No.90(2008年11月号から)

空自トップのゆがんだ歴史認識の狙い!?

空幕長の「侵略濡れ衣」論文


   浜田防衛相は10月30日、航空自衛隊トップの田母神俊雄・航空幕僚長が「我が国が侵略国家だったというのは濡れ衣である」とする論文を書いていた、として「政府見解を否定する内容である」として田母神幕僚長の更迭を発表した。

 防衛省は、慌てて田母神を「定年退職」させて、退職金6000万円も支給するという。

 問題となった田母神航空幕僚長の「日本は侵略国家であったのか」と題した論文は、アパグループ(本店・金沢市)の「真の近現代史観」懸賞論文(創業37周年記念)に応募し、最優秀賞(賞金300万円)を受賞し、インターネット上などで公表されたものである。

 同論文の要旨は「日清戦争、日露戦争などによって国際法上合法的に中国大陸に権益を得て、これを守るために軍を配置した。我が国は蒋介石により日中戦争に引きずり込まれた被害者だ」「日本政府と日本軍の努力で(満州や朝鮮半島の)現地の人々は圧政から解放され、生活水準も格段に向上した」「日本はルーズベルトの仕掛けた罠にはまり真珠湾攻撃を決行した。」「大東亜戦争後、多くのアジア・アフリカ諸国が白人国家の支配から解放された。」

 東京裁判の「マインドコントロールが今なお日本人を惑わせている。自衛隊は集団的自衛権も行使できない、武器の使用も制約が多い、攻撃的兵器の保有も禁止されている。」  「多くのアジア諸国が大東亜戦争を肯定的に評価していることを認識する必要がある。我が国が侵略国家だったなどというのは正に濡れ衣である」というものである。

 現職の空幕長がこのような侵略戦争を美化する見解を発表したこと、田母神が以前からこうした見解を表明していたことは防衛省や空自内では知られていたのである。

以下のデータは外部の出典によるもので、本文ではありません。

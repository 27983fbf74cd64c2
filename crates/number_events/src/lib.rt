// The arguments of the events that have three numbers or more, or an n. Where they are bad the reader stays where it is.
#![tactic(auto)]

ghost use Rattle.events.specs.Found.{ReadsArguments};
ghost use Rattle.reader.specs.Cursor.{behind, Leaves};

use events::{Event, Giving, Plain};
use reader::Reader;

// The arguments of a read.
pub fn read(r: &mut Reader) -> Option<Event>
    ensures { ReadsArguments 11 r.old.recording.now r.old.at (behind result r.new.at) × Leaves result r.old r.new }
{
    let mut ahead = *r;
    let channel = ahead.next_number()?;
    let n = event_parts::at_most64(&mut ahead)?;
    *r = ahead;
    Some(Event::Read(channel, n))
}

// The arguments of a connect.
pub fn connect(r: &mut Reader) -> Option<Event>
    ensures { ReadsArguments 1 r.old.recording.now r.old.at (behind result r.new.at) × Leaves result r.old r.new }
{
    let mut ahead = *r;
    let line = ahead.next_number()?;
    let protocol = ahead.next_number()?;
    let flags = ahead.next_number()?;
    let rate = ahead.next_number()?;
    *r = ahead;
    Some(Event::Number(Giving::Connect(line, protocol, flags, rate)))
}

// The arguments of a set.
pub fn set(r: &mut Reader) -> Option<Event>
    ensures { ReadsArguments 16 r.old.recording.now r.old.at (behind result r.new.at) × Leaves result r.old r.new }
{
    let mut ahead = *r;
    let channel = ahead.next_number()?;
    let parameter = ahead.next_number()?;
    let value = ahead.next_number()?;
    *r = ahead;
    Some(Event::Code(Plain::Set(channel, parameter, value)))
}
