//! How a rename's work is cut in its parts, and which folds begin anew in them.
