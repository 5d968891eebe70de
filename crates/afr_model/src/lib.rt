//! What a log must satisfy: definitions over a plan and the lines of a log, the newest first.
#![tactic(auto)]

mod cut_works;
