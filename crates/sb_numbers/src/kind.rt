// What kinds of calls there are, and how they are answered.

/// What a call asks for: as the word that its script line has at `do`.
#[derive(Clone, Copy, PartialEq, Eq, Drop)]
pub enum Kind {
    CreateQueue,
    CreateTopic,
    CreateSubscription,
    CreateRule,
    Delete,
    DeleteRule,
    Send,
    Cancel,
    Receive,
    ReceiveDeferred,
    Complete,
    Abandon,
    Defer,
    DeadLetter,
    Renew,
    Accept,
    SessionRenew,
    SessionClose,
    SessionSet,
    SessionState,
    Begin,
    Commit,
    Rollback,
    Together,
    ForgetClient,
    Peek,
    Counts,
    List,
    Describe,
    Sessions,
    Transactions,
    Clients,
}

/// How a call was answered.
#[derive(Clone, Copy, PartialEq, Eq, Drop)]
pub enum Outcome {
    /// It was carried out.
    Done,
    /// There was nothing to receive, or no session to accept.
    Empty,
    /// By the reply that its number was given before.
    Kept,
    /// It was refused.
    Refused,
}
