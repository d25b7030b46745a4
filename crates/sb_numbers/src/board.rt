// What has the numbers of a server while it runs.
use crate::{Bucket, Counted, JournalSizes, Kind, Numbers, Outcome};
use std::alloc::{AllocError, Global};
use std::sync::atomic::{AtomicU64, Ordering};

// Each kind of call, in the order of their counts.
const KINDS: [Kind; 32] = [
    Kind::CreateQueue,
    Kind::CreateTopic,
    Kind::CreateSubscription,
    Kind::CreateRule,
    Kind::Delete,
    Kind::DeleteRule,
    Kind::Send,
    Kind::Cancel,
    Kind::Receive,
    Kind::ReceiveDeferred,
    Kind::Complete,
    Kind::Abandon,
    Kind::Defer,
    Kind::DeadLetter,
    Kind::Renew,
    Kind::Accept,
    Kind::SessionRenew,
    Kind::SessionClose,
    Kind::SessionSet,
    Kind::SessionState,
    Kind::Begin,
    Kind::Commit,
    Kind::Rollback,
    Kind::Together,
    Kind::ForgetClient,
    Kind::Peek,
    Kind::Counts,
    Kind::List,
    Kind::Describe,
    Kind::Sessions,
    Kind::Transactions,
    Kind::Clients,
];

// Each outcome, in the order of the counts of a kind.
const OUTCOMES: [Outcome; 4] = [
    Outcome::Done,
    Outcome::Empty,
    Outcome::Kept,
    Outcome::Refused,
];

// Up to how many microseconds calls are counted together.
const BOUNDS: [u64; 15] = [
    10, 25, 50, 100, 250, 500, 1_000, 2_500, 5_000, 10_000, 25_000, 50_000, 100_000, 250_000,
    1_000_000,
];

/// The numbers of a server while it runs. Threads share it.
#[derive(Drop)]
pub struct Board {
    began_ms: AtomicU64,
    threads: AtomicU64,
    workers: AtomicU64,
    opened: AtomicU64,
    ended: AtomicU64,
    waits: AtomicU64,
    goes_on: AtomicU64,
    records: AtomicU64,
    bytes: AtomicU64,
    syncs: AtomicU64,
    // Of each kind those of each outcome.
    calls: Vec<AtomicU64>,
    // Of each bound those that took at most so long and longer than the one before, and of those that took longer than all.
    spent: Vec<AtomicU64>,
    spent_micros: AtomicU64,
}

impl Board {
    /// All numbers are 0.
    pub fn new(alloc: Global) -> Result<Board, AllocError> {
        let calls = zeros(alloc, KINDS.len() * OUTCOMES.len())?;
        let spent = zeros(alloc, BOUNDS.len() + 1)?;
        Ok(Board {
            began_ms: AtomicU64::new(0),
            threads: AtomicU64::new(0),
            workers: AtomicU64::new(0),
            opened: AtomicU64::new(0),
            ended: AtomicU64::new(0),
            waits: AtomicU64::new(0),
            goes_on: AtomicU64::new(0),
            records: AtomicU64::new(0),
            bytes: AtomicU64::new(0),
            syncs: AtomicU64::new(0),
            calls,
            spent,
            spent_micros: AtomicU64::new(0),
        })
    }

    /// The server begins at this moment, in ms since 1970, with so many threads and workers.
    pub fn begins(&self, now_ms: u64, threads: u64, workers: u64) {
        self.began_ms.store(now_ms, Ordering::SeqCst);
        self.threads.store(threads, Ordering::SeqCst);
        self.workers.store(workers, Ordering::SeqCst);
    }

    /// A connection begins.
    pub fn opened(&self) {
        self.opened.fetch_add(1, Ordering::SeqCst);
    }

    /// A connection has ended.
    pub fn ended(&self) {
        self.ended.fetch_add(1, Ordering::SeqCst);
    }

    /// A call waits from now on.
    pub fn waits(&self) {
        self.waits.fetch_add(1, Ordering::SeqCst);
    }

    /// A call waits no longer.
    pub fn goes_on(&self) {
        self.goes_on.fetch_add(1, Ordering::SeqCst);
    }

    /// The journal has these sizes now.
    pub fn grew(&self, journal: JournalSizes) {
        self.records.store(journal.records, Ordering::SeqCst);
        self.bytes.store(journal.bytes, Ordering::SeqCst);
        self.syncs.store(journal.syncs, Ordering::SeqCst);
    }

    /// A call of this kind was answered so, behind so many microseconds.
    pub fn called(&self, kind: Kind, outcome: Outcome, micros: u64) {
        add_one(self.calls.as_slice(), place_of(kind, outcome));
        add_one(self.spent.as_slice(), bucket_of(micros));
        self.spent_micros.fetch_add(micros, Ordering::SeqCst);
    }

    /// What the numbers are at this moment, in ms since 1970.
    pub fn numbers(&self, alloc: Global, now_ms: u64) -> Result<Numbers, AllocError> {
        let calls = counted(alloc, self.calls.as_slice())?;
        let (spent, called) = buckets(alloc, self.spent.as_slice())?;
        Ok(Numbers {
            uptime_ms: now_ms.saturating_sub(self.began_ms.load(Ordering::SeqCst)),
            threads: self.threads.load(Ordering::SeqCst),
            workers: self.workers.load(Ordering::SeqCst),
            connections: between(&self.ended, &self.opened),
            waiting: between(&self.goes_on, &self.waits),
            journal: JournalSizes {
                records: self.records.load(Ordering::SeqCst),
                bytes: self.bytes.load(Ordering::SeqCst),
                syncs: self.syncs.load(Ordering::SeqCst),
            },
            calls,
            spent,
            spent_micros: self.spent_micros.load(Ordering::SeqCst),
            called,
        })
    }
}

// How much the second is ahead of the first, which is read before.
fn between(behind: &AtomicU64, ahead: &AtomicU64) -> u64 {
    let behind = behind.load(Ordering::SeqCst);
    ahead.load(Ordering::SeqCst).saturating_sub(behind)
}

fn zeros(alloc: Global, count: usize) -> Result<Vec<AtomicU64>, AllocError> {
    let mut zeros = Vec::with_capacity(alloc, count)?;
    for _ in 0..count {
        zeros.push(AtomicU64::new(0))?;
    }
    Ok(zeros)
}

fn add_one(counts: &[AtomicU64], place: usize) {
    if let Some(count) = counts.get(place) {
        count.fetch_add(1, Ordering::SeqCst);
    }
}

// Where among the counts those of this kind and outcome stand.
fn place_of(kind: Kind, outcome: Outcome) -> usize {
    let row = KINDS.iter().position(|k| *k == kind).unwrap_or(0);
    let column = OUTCOMES.iter().position(|o| *o == outcome).unwrap_or(0);
    row.saturating_mul(OUTCOMES.len()).saturating_add(column)
}

// Where among the counts those of this length stand.
fn bucket_of(micros: u64) -> usize {
    BOUNDS
        .iter()
        .position(|most| micros <= *most)
        .unwrap_or(BOUNDS.len())
}

// The kinds and outcomes of which there were calls.
fn counted(alloc: Global, counts: &[AtomicU64]) -> Result<Vec<Counted>, AllocError> {
    let mut rows = Vec::new(alloc);
    for kind in KINDS {
        for outcome in OUTCOMES {
            let count = count_at(counts, place_of(kind, outcome));
            if count > 0 {
                rows.push(Counted {
                    kind,
                    outcome,
                    count,
                })?;
            }
        }
    }
    Ok(rows)
}

// How many calls took at most so long each, and how many there were.
fn buckets(alloc: Global, counts: &[AtomicU64]) -> Result<(Vec<Bucket>, u64), AllocError> {
    let mut rows = Vec::new(alloc);
    let mut count: u64 = 0;
    for most in BOUNDS {
        count = count.saturating_add(count_at(counts, bucket_of(most)));
        rows.push(Bucket { most, count })?;
    }
    let longer = count_at(counts, BOUNDS.len());
    Ok((rows, count.saturating_add(longer)))
}

fn count_at(counts: &[AtomicU64], place: usize) -> u64 {
    match counts.get(place) {
        Some(count) => count.load(Ordering::SeqCst),
        None => 0,
    }
}
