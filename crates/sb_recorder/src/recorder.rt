// What records: the journal, with what of it isn't written yet.
ghost use Rattle.std.specs.Prelude.{◌≡◌, ◌⊎◌, ◌≤◌, ◌<◌, ◌+◌, ◌++◌, [], List, ℕ, false, true, length, is_some, vec_capacity, IfOk, IfErr, OnOk, OnErr};
ghost use Rattle.std.specs.Option.{ForSome};
ghost use Rattle.sb_journal.specs.Journals.{has_failed, base_left, IsBegun};
ghost use Rattle.sb_journal.specs.Text.{max_payload};

use sb_checkpoint::{Pieces, Unput};
use sb_codec::write_event;
use sb_journal::{Journal, NextFile};
use sb_machine::{EventRef, Refusal};
use sb_outside::{Disk, DiskFault};
use std::alloc::Global;
use std::snapshot::Snapshot;

// The most bytes of a base that are gathered for one write.
const MOST_GATHERED: usize = 65_536;

// The bytes of a record beside its payload: its gate, its length and its number.
const FRAME: u64 = 13;

/// What records: the journal, and what is spelled for it.
pub struct Recorder<D: Disk> {
    journal: Journal<D>,
    // The event that is being journaled, or what of a base isn't written yet. Has room for the longest event, so that no
    // step grows it.
    buffer: Vec<u8>,
    // The file that a base is written to, while one is.
    next: Option<NextFile>,
    // How many bytes of that base aren't put yet.
    left: u64,
    // How many bytes the base has that was begun last.
    base: u64,
    // How many bytes of records it wrote to the file.
    grown: u64,
    // As it was begun, for clauses alone: the journal, the next file's first number, and how many bytes the base has.
    began: Snapshot<Journal<D>>,
    first: Snapshot<u64>,
    total: Snapshot<u64>,
    ghost buffer_fits: { max_payload ≤ vec_capacity buffer },
    ghost running: { is_some next ≡ true → has_failed journal ≡ false },
    ghost begun: { ForSome next (λ n. IsBegun journal n) },
    ghost fits: { ForSome next (λ n. base_left n ≡ left + length buffer.items) },
}

// These bytes behind those that the buffer has. It has room for them.
fn add_bytes(buffer: &mut Vec<u8>, bytes: &[u8])
    requires room { length buffer.old.items + length bytes.now ≤ vec_capacity buffer.old }
    ensures items { buffer.new.items ≡ buffer.old.items ++ bytes.now }
    ensures long { length buffer.new.items ≡ length buffer.old.items + length bytes.now }
    ensures room { vec_capacity buffer.old ≤ vec_capacity buffer.new }
{
    let _ = buffer.extend_from_slice(bytes);
}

 こうした人物を空自トップに昇進させた防衛省が同様な体質を持っているのではないか?と思わざるを得ないのである。

 日本史教科書の検定を通じた一連の「歴史のすり替え」や書き換えが進められている動きと、田母神論文とが一致していることに我々は注目せざるを得ない。

 田母神の主張の誤りは、「我が国を自らの力で守る体制がいつになっても完成しない」のは、日本が対米従属である結果であって、「東京裁判のマインドコントロール」ではない。

 なぜ自衛隊幹部の中から侵略戦争を美化する動きが表面化するのだろうか、その事にどのような利益があると言うのだろうか。

 日本の政治家や自衛隊の中から侵略戦争を正当化する考えが明らかとなると、その度に中国や韓国やアジア諸国から「妄言」との批判が吹き出てくる。これら各国は、日本の軍国主義復活を恐れ、在日アメリカ軍に、日本の自立を阻止する“ビンのふた”としての役割を求めるようになる。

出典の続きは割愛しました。